EDITOR'S NOTES: Gardening in Form

Gardeners rarely attempt to create wilderness. We take lessons from patterns in nature, the way the dark green of heather curves against a sea of feathery lupine. But a garden, unlike a forest or wilderness, should yield partially to our attempts to find pattern.  Gardening is a kind of overlay of concept onto a nature that defies comprehension.

For poets, the mere act of translating our inchoate impressions into words is already a pruning and ordering of perception. From there, how do we cultivate what we have planted?

We have a lot of decisions to make – especially where to place our work along a spectrum from “natural” to “formal”. Almost anywhere along this spectrum has its beauty – from an unmowed lawn sown with wildflowers to the raked artifice of a Japanese stone garden. Form may rule and constrain, but it also can simplify, and dignify the simple. Form is a trellis along which we train a poem, so it will be both compact and fruitful.

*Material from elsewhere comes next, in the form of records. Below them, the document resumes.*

//! Changes of the tree, with what they make of the subtree roots.
ghost use Rattle.std.specs.Prelude.{◌≡◌, ◌≤◌, ◌+◌, IsOk, IsSome, IfSome, MatchOption, OnOk, OnErr, IfErr, length};
ghost use Rattle.std.specs.List.{Contains};
ghost use Rattle.std.specs.Result.{result_err};
ghost use Rattle.mds_types.specs.declared.inodes.Inode.{Inode as Node};
ghost use Rattle.mds_types.specs.declared.refusals.Refusal.TheVariants.{NoMemory};
ghost use Rattle.objstore.specs.Objects.{faults_told};
ghost use Rattle.dirfrag_codec.specs.EntryRecord.{IsRankNumber};
ghost use Rattle.inode_table.specs.declared.dirs.Home.{Home};
ghost use Rattle.inode_table.specs.Dirs.{Covers, Homes, MayMove, leaves_of};
ghost use Rattle.inode_table.specs.TreeTable.{home_at};
ghost use Rattle.namespace_ops.specs.declared.plans.Spot.{Spot as Place};
ghost use Rattle.namespace_ops.specs.Changes.{IsNumbered, MayChange, dentry_at, fragments_of};
ghost use Rattle.subtree_map.specs.Authority.{Leaf};
ghost use Rattle.subtree_map.specs.Moves.{IsLostRank, KeepsRanksOf};
ghost use Rattle.mdcache.specs.Core.{state_of};
ghost use Rattle.mdcache.specs.Frags.{dir_moving};
ghost use Rattle.mdcache.specs.Shown.{shown_tree};
ghost use Rattle.mdcache.specs.Sound.{IsSound};
ghost use Rattle.ranked_tree.specs.Changing.{ChangesHeld, FollowsChange};
ghost use Rattle.ranked_tree.specs.Exported.{IsDivided, IsFrozenIn, held_in};
ghost use Rattle.ranked_tree.specs.Held.{AreHeldAt};
ghost use Rattle.ranked_tree.specs.Ranked.{IsFrozenLeaf, held_roots};
ghost use Rattle.ranked_tree.specs.Subtrees.{AreRoots, KeepsRoots, LoseDirectory};

use crate::authorities::authority_at;
use crate::ranked_tree::RankedTree;
use crate::regions::Regions;
use inode_table::Dirs;
use mdcache::MdCache;
use mds_types::{Ino, Rank, Refusal};
use namespace_ops::Change;
use objstore::Store;
use std::alloc::Global;
use subtree_map::Subtrees;

impl<S: Store + Drop> RankedTree<S> {
    /// Makes a change that may be made, of leaves that aren't frozen, each at the rank that holds it, as
    /// `MdCache::change` does and refuses. Where a directory moves, those of its leaves that would inherit another rank
    /// there become roots of the one that they have; a directory that goes has none any more. A new inode has a number
    /// of a rank. Takes memory for such roots first.
    pub fn make_change(&mut self, change: Change) -> Result<(), Refusal>
        requires may { MayChange (shown_tree (state_of self.old.tree)) self.old.tree.covers change }
        requires held { AreHeldAt (state_of self.old.tree) (held_roots self.old) change }
        requires numbered { IsNumbered IsRankNumber change }
        requires thawed { (leaf : Leaf) → Contains (fragments_of self.old.tree.covers change) leaf
            → IsFrozenLeaf self.old leaf → ⊥ }
        ensures changed { ChangesHeld (held_roots self.old) change self.old.tree self.new.tree result }
        ensures followed { FollowsChange change (state_of self.old.tree) self.old.subtrees self.new.subtrees result }
        ensures kept { KeepsRoots (state_of self.old.tree)
            (state_of self.new.tree) self.old.subtrees.roots self.new.subtrees.roots self.old.exports self.new.exports }
        ensures count { length self.new.tree.caches.used ≡ length self.old.tree.caches.used }
        ensures cap { self.new.tree.caches.cap ≡ self.old.tree.caches.cap }
        ensures counted { self.new.tree.faults ≡ self.old.tree.faults + faults_told (result_err result) }
    {
        change_tree(self.alloc, &mut self.tree, &mut self.regions, change)
    }
}

// Makes a change, with the roots.
fn change_tree<S: Store + Drop>(
    alloc: Global,
    tree: &mut MdCache<S>,
    regions: &mut Regions,
    change: Change,
) -> Result<(), Refusal>
    requires divided { IsDivided tree.old regions.old }
    requires may { MayChange (shown_tree (state_of tree.old)) tree.old.covers change }
    requires held { AreHeldAt (state_of tree.old) (held_in regions.old) change }
    requires numbered { IsNumbered IsRankNumber change }
    requires thawed { (leaf : Leaf) → Contains (fragments_of tree.old.covers change) leaf
        → IsFrozenIn (state_of tree.old) regions.old leaf → ⊥ }
    ensures changed { ChangesHeld (held_in regions.old) change tree.old tree.new result }
    ensures followed { FollowsChange change (state_of tree.old) regions.old.roots regions.new.roots result }
    ensures kept { KeepsRoots (state_of tree.old)
        (state_of tree.new) regions.old.roots.roots regions.new.roots.roots regions.old.exports regions.new.exports }
    ensures count { length tree.new.caches.used ≡ length tree.old.caches.used }
    ensures cap { tree.new.caches.cap ≡ tree.old.caches.cap }
    ensures counted { tree.new.faults ≡ tree.old.faults + faults_told (result_err result) }
    ensures divided { IsDivided tree.new regions.new }
{
    let lost = lost_rank(tree, regions, &change);
    let moves = moving(&change);
    let went = change.gone;
    if let Err(refusal) = reserve_lost(tree.dirs(), &mut regions.roots, moves, lost) {
        drop(change);
        return Err(refusal);
    }
    if let Err(refusal) = tree.change(alloc, change) {
        return Err(refusal);
    }
    settle(tree.dirs(), &mut regions.roots, moves, lost);
    lose(&mut regions.roots, went);
    Ok(())
}

// The rank that the leaves of a directory inherit that a change moves, if they would inherit another at its new place:
// those of the leaves that hold its dentries, of which it is known where they lie.
fn lost_rank<S: Store + Drop>(tree: &MdCache<S>, regions: &Regions, change: &Change) -> Option<Rank>
    requires divided { IsDivided tree.now regions.now }
    requires may { MayChange (shown_tree (state_of tree.now)) tree.now.covers change.now }
    requires held { AreHeldAt (state_of tree.now) (held_in regions.now) change.now }
    ensures { (put : Place × Node) → change.now.puts ≡ Some put
        → IfSome (dir_moving change.now)
        (λ dir. IsLostRank regions.now.roots.roots tree.now.homes tree.now.covers dir.0
        (home_at (dentry_at put.0)) result) }
{
    let Some(from) = &change.takes else {
        return None;
    };
    let Some(put) = &change.puts else {
        return None;
    };
    let was = authority_at(tree, regions, &from.at);
    let other = authority_at(tree, regions, &put.0.at);
    if other == was {
        return None;
    }
    Some(was)
}

// The number of the directory that a change moves, if it moves one.
fn moving(change: &Change) -> Option<Ino>
    ensures { result ≡ dir_moving change.now }
{
    match (&change.takes, &change.puts) {
        (Some(_), Some((_, inode))) => {
            if inode.kind.is_dir() {
                Some(inode.ino)
            } else {
                None
            }
        }
        _ => None,
    }
}

// Makes room for the leaves of a directory that moves, where they lose their rank and there is none: else nothing is
// done.
fn reserve_lost(
    dirs: &Dirs,
    roots: &mut Subtrees,
    moves: Option<Ino>,
    lost: Option<Rank>,
) -> Result<(), Refusal>
    ensures room { OnOk result (IfSome moves (λ dir. IsSome lost
        → length (leaves_of dirs.now.trees dir.0) ≤ roots.new.room)) }
    ensures ready { IfSome moves (λ dir. IsSome lost → length (leaves_of dirs.now.trees dir.0) ≤ roots.old.room)
        → IsOk result × (roots.new ≡ roots.old) }
    ensures same { roots.new.roots ≡ roots.old.roots }
    ensures promises { roots.new.promises ≡ roots.old.promises }
    ensures refused { IfErr result (λ reason. reason ≡ NoMemory) }
{
    match (moves, lost) {
        (Some(dir), Some(_)) => roots.reserve(dirs.leaf_count(dir)),
        _ => Ok(()),
    }
}

// The leaves of a directory that moved become roots of the rank that they lost, but for those that are roots.
fn settle(dirs: &Dirs, roots: &mut Subtrees, moves: Option<Ino>, lost: Option<Rank>)
    requires room { IfSome moves (λ dir. IsSome lost → length (leaves_of dirs.now.trees dir.0) ≤ roots.old.room) }
    ensures settled { (homes : Homes) (covers : Covers) (home : Home)
        → MatchOption moves (roots.new.roots ≡ roots.old.roots)
        (λ dir. leaves_of covers dir.0 ≡ leaves_of dirs.now.trees dir.0 → MayMove homes dir.0 home
        → IsLostRank roots.old.roots homes covers dir.0 home lost
        → KeepsRanksOf roots.old.roots roots.new.roots homes covers dir.0 home) }
    ensures promises { roots.new.promises ≡ roots.old.promises }
{
    if let Some(dir) = moves {
        roots.after_rename(dirs, dir, lost);
    }
}

// A directory that went has no root any more, if one did, and no promise of one is left.
fn lose(roots: &mut Subtrees, went: Option<Ino>)
    ensures roots { LoseDirectory roots.old.roots roots.new.roots went }
    ensures promises { LoseDirectory roots.old.promises roots.new.promises went }
{
    if let Some(dir) = went {
        roots.drop(dir);
    }
}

But then what happens to your formal garden when a leaf falls? Some advocates of form would have you remove every single improvisation– and then your garden will not achieve its own beauty. With a poem too, we can fall into a sterile obedience– diluting meaning for the sake of a rhyme, infilling words simply to follow the required meter.

A tension between form and reality, between the concept of the garden, and this year’s unruly flowers, informs poetry as it does gardening.  While we strive toward form as a way to understanding, we must also yield to the flowering of impulse and imperfection. We trim our words. We leave a few twigs fallen.